The Latest Sparkly Thing by tristero

The Latest Sparkly Thing 

by tristero

Damn straight it's damning. But no one should be distracted by this single sparkly thing because it's neither a verbatim record of what was said nor is it the entire story.

And that is my biggest concern, that the press will in its hive wisdom decide that it was damning enough and that now the story is complete. It is not.

The entire, original, complete, unredacted whistleblower complaint needs to be turned over to Congress. Now.

But the press coverage I've seen, with the exception of Maddow, still is minimizing the blatant lawbreaking that Trump, Barr, and Maguire are perpetrating. [SEE UPDATE 2 Below]

UPDATE: The Republicans desperately want reporting to stop with the transcript.
Sen. Lindsey Graham, chairman of the Judiciary Committee, told reporters that this transcript doesn't justify an impeachment. 
"From my point of view, to impeach any president over a phone call like this would be insane," Graham said.
The GOP is trying to pretend the story begins and ends with a few remarks that have been reported in a paraphrased fashion.

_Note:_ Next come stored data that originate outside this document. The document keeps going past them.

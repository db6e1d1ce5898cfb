//! The lines of refusals on standard error.
ghost use Rattle.std.specs.Prelude.{◌≡◌, ◌<◌, ◌++◌, [], ◌∷◌, IfOk, OnOk, if◌then◌else◌, string_bytes};
ghost use Rattle.std.specs.Char.{digit_char};
ghost use Rattle.line_intake.specs.Words.{words_of};
ghost use Rattle.site_commands.specs.Names.{lent};
ghost use Rattle.site_commands.specs.Lines.{database_fault_line, file_fault_line, file_line, line_name, line_of, lines_line, made_lines, name_char, order_line, other_char, printed_name, summary_fault_line, unread_line};

use crate::names::Names;
use crate::pieces::RefusedLine;
use attributes::Text;
use coverage::SummaryFault;
use databases::CommandFault;
use event_files::{Refused, ReportFault, Unread, UnreadAt};
use event_json::ReadFault;
use line_intake::words_of;
use std::alloc::{AllocError, Global};

/// Why there is no answer.
#[derive(Clone, Copy, PartialEq, Eq, Debug)]
pub enum Refusal {
    /// The first file that was not read.
    Unread(UnreadAt),
    /// The first file at fault, where all were read.
    File(Refused),
    /// The first line at fault, where all files were read.
    Line(RefusedLine),
    /// The file spells no summary.
    Summary(SummaryFault),
    /// The command over the database.
    Database(CommandFault),
    /// A thread couldn't be started.
    NoThread,
    /// So many lines of an input were at fault; the others are kept.
    Lines(u64),
    /// No number is left for a source of a numberer.
    NoNumber,
}

/// The error line of a refusal of a plan that names these.
pub fn line_of(alloc: Global, names: Names<'_>, refusal: Refusal) -> Result<Text, AllocError>
    ensures { IfOk result (λ text. text ≡ line_of (lent names.entry) refusal) }
{
    match refusal {
        Refusal::Unread(at) => unread_line(alloc, names.file(at.file), at.why),
        Refusal::File(refused) => fault_line(alloc, names.file(refused.file), refused.fault),
        Refusal::Line(refused) => {
            let name = line_name(alloc, names.file(refused.at.file), refused.at.line)?;
            fault_line(alloc, name.as_str(), refused.fault)
        }
        Refusal::Summary(why) => summary_line(alloc, names.file(0), why),
        Refusal::Database(why) => database_line(alloc, names.db, names.order, why),
        Refusal::NoThread => Text::of(alloc, "site: no thread\n"),
        Refusal::Lines(faults) => lines_line(alloc, faults),
        Refusal::NoNumber => file_line(alloc, names.db, "Full"),
    }
}

/// `FILE line N`, which names a line of a file in an error line of the program.
pub fn line_name(alloc: Global, name: &str, number: u64) -> Result<Text, AllocError>
    ensures { IfOk result (λ text. text ≡ line_name name.now number) }
{
    let name = format!(in alloc; "{name} line {number}")?;
    Ok(Text::from_string(name))
}

/// The program's lines of what was made: the file of that database, a service in it.
pub fn made_lines(
    alloc: Global,
    db: &str,
    is_file_made: bool,
    is_service_made: bool,
) -> Result<Text, AllocError>
    ensures { IfOk result (λ text. text ≡ made_lines is_file_made is_service_made db.now) }
{
    let file = line_if(alloc, is_file_made, db, "made, it wasn't there")?;
    let service = line_if(
        alloc,
        is_service_made,
        db,
        "a service /orders was made in it",
    )?;
    let mut lines = String::new(alloc);
    lines.push_str(file.as_str())?;
    lines.push_str(service.as_str())?;
    Ok(Text::from_string(lines))
}

/// The error line `site: FILE: WORDS`, ended with LF, where that is so, and else nothing.
fn line_if(alloc: Global, is_so: bool, name: &str, words: &str) -> Result<Text, AllocError>
    ensures { IfOk result (λ text.
        text ≡ (if is_so then file_line name.now words.now else [])) }
{
    if is_so {
        return file_line(alloc, name, words);
    }
    Text::of(alloc, "")
}

/// The program's error line of a file that was not read.
fn unread_line(alloc: Global, name: &str, why: Unread) -> Result<Text, AllocError>
    ensures { IfOk result (λ text. text ≡ unread_line name.now why) }
{
    match why {
        Unread::OutOfMemory => Text::of(alloc, "site: out of memory\n"),
        Unread::CannotRead => file_line(alloc, name, "cannot read"),
        Unread::TooLarge => file_line(alloc, name, "too large"),
    }
}

/// The program's error line of a file at fault.
fn fault_line(alloc: Global, name: &str, fault: ReportFault) -> Result<Text, AllocError>
    ensures { IfOk result (λ text. text ≡ file_fault_line name.now fault) }
{
    match fault {
        ReportFault::OutOfMemory => Text::of(alloc, "site: out of memory\n"),
        ReportFault::Read(ReadFault::OutOfMemory) => Text::of(alloc, "site: out of memory\n"),
        ReportFault::Read(ReadFault::NotJson) => words_line(alloc, name, fault),
        ReportFault::Read(ReadFault::NotEvent) => words_line(alloc, name, fault),
        ReportFault::Read(ReadFault::InputTooLarge) => words_line(alloc, name, fault),
        ReportFault::Read(ReadFault::BadEvent { .. }) => words_line(alloc, name, fault),
        ReportFault::Event { .. } => words_line(alloc, name, fault),
    }
}

/// The program's error line of a file with the words of its fault.
fn words_line(alloc: Global, name: &str, fault: ReportFault) -> Result<Text, AllocError>
    ensures { IfOk result (λ text. text ≡ file_line name.now (words_of fault)) }
{
    let words = words_of(alloc, fault)?;
    file_line(alloc, name, words.as_str())
}

/// The error line `site: N lines refused`.
fn lines_line(alloc: Global, faults: u64) -> Result<Text, AllocError>
    ensures { IfOk result (λ text. text ≡ lines_line faults) }
{
    let line = format!(in alloc; "site: {faults} lines refused\n")?;
    Ok(Text::from_string(line))
}

/// The program's error line of a summary at fault.
fn summary_line(alloc: Global, name: &str, why: SummaryFault) -> Result<Text, AllocError>
    ensures { IfOk result (λ text. text ≡ summary_fault_line name.now why) }
{
    match why {
        SummaryFault::OutOfMemory => Text::of(alloc, "site: out of memory\n"),
        SummaryFault::NotJson => file_line(alloc, name, "not JSON"),
        SummaryFault::Shape => file_line(alloc, name, "Shape"),
        SummaryFault::Version => file_line(alloc, name, "Version"),
        SummaryFault::NotCanonical => file_line(alloc, name, "NotCanonical"),
    }
}

/// The error line of a command over a database: it names the order where its state is at fault, and
/// the database where that is.
fn database_line(
    alloc: Global,
    db: &str,
    number: u64,
    why: CommandFault,
) -> Result<Text, AllocError>
    ensures { IfOk result (λ text. text ≡ database_fault_line db.now number why) }
{
    match why {
        CommandFault::OutOfMemory => Text::of(alloc, "site: out of memory\n"),
        CommandFault::Store => file_line(alloc, db, "Store"),
        CommandFault::Foreign => file_line(alloc, db, "Foreign"),
        CommandFault::OrderExists => order_line(alloc, number, "OrderExists"),
        CommandFault::NoOrder => order_line(alloc, number, "NoOrder"),
        CommandFault::WrongState => order_line(alloc, number, "WrongState"),
        CommandFault::Full => order_line(alloc, number, "Full"),
        CommandFault::RouteFailed => Text::of(alloc, "site: route failed\n"),
        CommandFault::AnotherSource => file_line(alloc, db, "another source"),
        CommandFault::CannotRead => file_line(alloc, db, "cannot read"),
        CommandFault::Cache => Text::of(
            alloc,
            "site: SITE_CACHE_MIB isn't a whole number from 1 to 1048576\n",
        ),
    }
}

/// The error line of a refused order, by its number and the name of the fault: `site: order N: NAME`
fn order_line(alloc: Global, number: u64, name: &str) -> Result<Text, AllocError>
    ensures { IfOk result (λ text. text ≡ order_line number name.now) }
{
    let digits = format!(in alloc; "{number}")?;
    let mut line = String::new(alloc);
    line.push_str("site: order ")?;
    line.push_str(digits.as_str())?;
    line.push_str(": ")?;
    line.push_str(name)?;
    line.push_str("\n")?;
    Ok(Text::from_string(line))
}

/// The error line `site: FILE: WORDS`, ended with LF.
pub fn file_line(alloc: Global, name: &str, words: &str) -> Result<Text, AllocError>
    ensures { IfOk result (λ text. text ≡ file_line name.now words.now) }
{
    let mut line = String::new(alloc);
    line.push_str("site: ")?;
    push_name(&mut line, name)?;
    line.push_str(": ")?;
    line.push_str(words)?;
    line.push_str("\n")?;
    Ok(Text::from_string(line))
}

/// Appends a file's name to an error line, its control characters as in a JSON string.
pub fn push_name(line: &mut String, name: &str) -> Result<(), AllocError>
    ensures { OnOk result (string_bytes line.new
        ≡ string_bytes line.old ++ printed_name name.now) }
{
    for c in name.chars() {
        push_char(line, c)?;
    }
    Ok(())
}

/// Appends a character of a file's name to an error line.
fn push_char(line: &mut String, c: char) -> Result<(), AllocError>
    ensures { OnOk result (string_bytes line.new ≡ string_bytes line.old ++ name_char c) }
{
    match c {
        '\u{8}' => line.push_str("\\b"),
        '\t' => line.push_str("\\t"),
        '\n' => line.push_str("\\n"),
        '\u{c}' => line.push_str("\\f"),
        '\r' => line.push_str("\\r"),
        _ => push_other(line, c),
    }
}

/// Appends a character of a name in an error line that has no short escape.
fn push_other(line: &mut String, c: char) -> Result<(), AllocError>
    ensures { OnOk result (string_bytes line.new ≡ string_bytes line.old ++ other_char c) }
{
    if c.is_control() {
        let code = c as u32;
        line.push_str("\\u00")?;
        push_hex(line, code / 16 % 16)?;
        return push_hex(line, code % 16);
    }
    line.push(c)
}

/// Appends a hexadecimal digit to an error line, a letter in lower case.
fn push_hex(line: &mut String, digit: u32) -> Result<(), AllocError>
    requires { digit < 16 }
    ensures { OnOk result (string_bytes line.new
        ≡ string_bytes line.old ++ digit_char digit ∷ []) }
{
    match char::from_digit(digit, 16) {
        Some(c) => line.push(c),
        None => Ok(()),
    }
}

Again, this non-transcript is just the latest sparkly thing. The press has to do its job. It simply must place this non-transcript in context and make it clear that it is just one of several pieces of the story. They have to aggressively report the lawless behavior of the the Trump administration in their attempt to suppress the whistleblower complaint. [Paragraph updated after posting to reflect the fact that transcript is in fact not a transcript.]

UPDATE 2: This is exactly what I mean by the press minimizing the story:
The release did not go far enough for many Democrats, who have demanded to see the full complaint about Mr. Trump’s actions lodged by a whistle-blower, which has not been shared with Congress.
The implications in what the reporter wrote are (1) that the non-verbatim release of a phone call's contents did go far enough; (2) that the "demands" are partisan; and (3) that this isn't a clear case of breaking the law but rather merely a "demand."

Once again, the release of a non-verbatim description of a phone call is just one piece of a larger story, the demands are not partisan, and this is a very clear case of the Trump administration deliberately breaking a law that could not have been written clearer.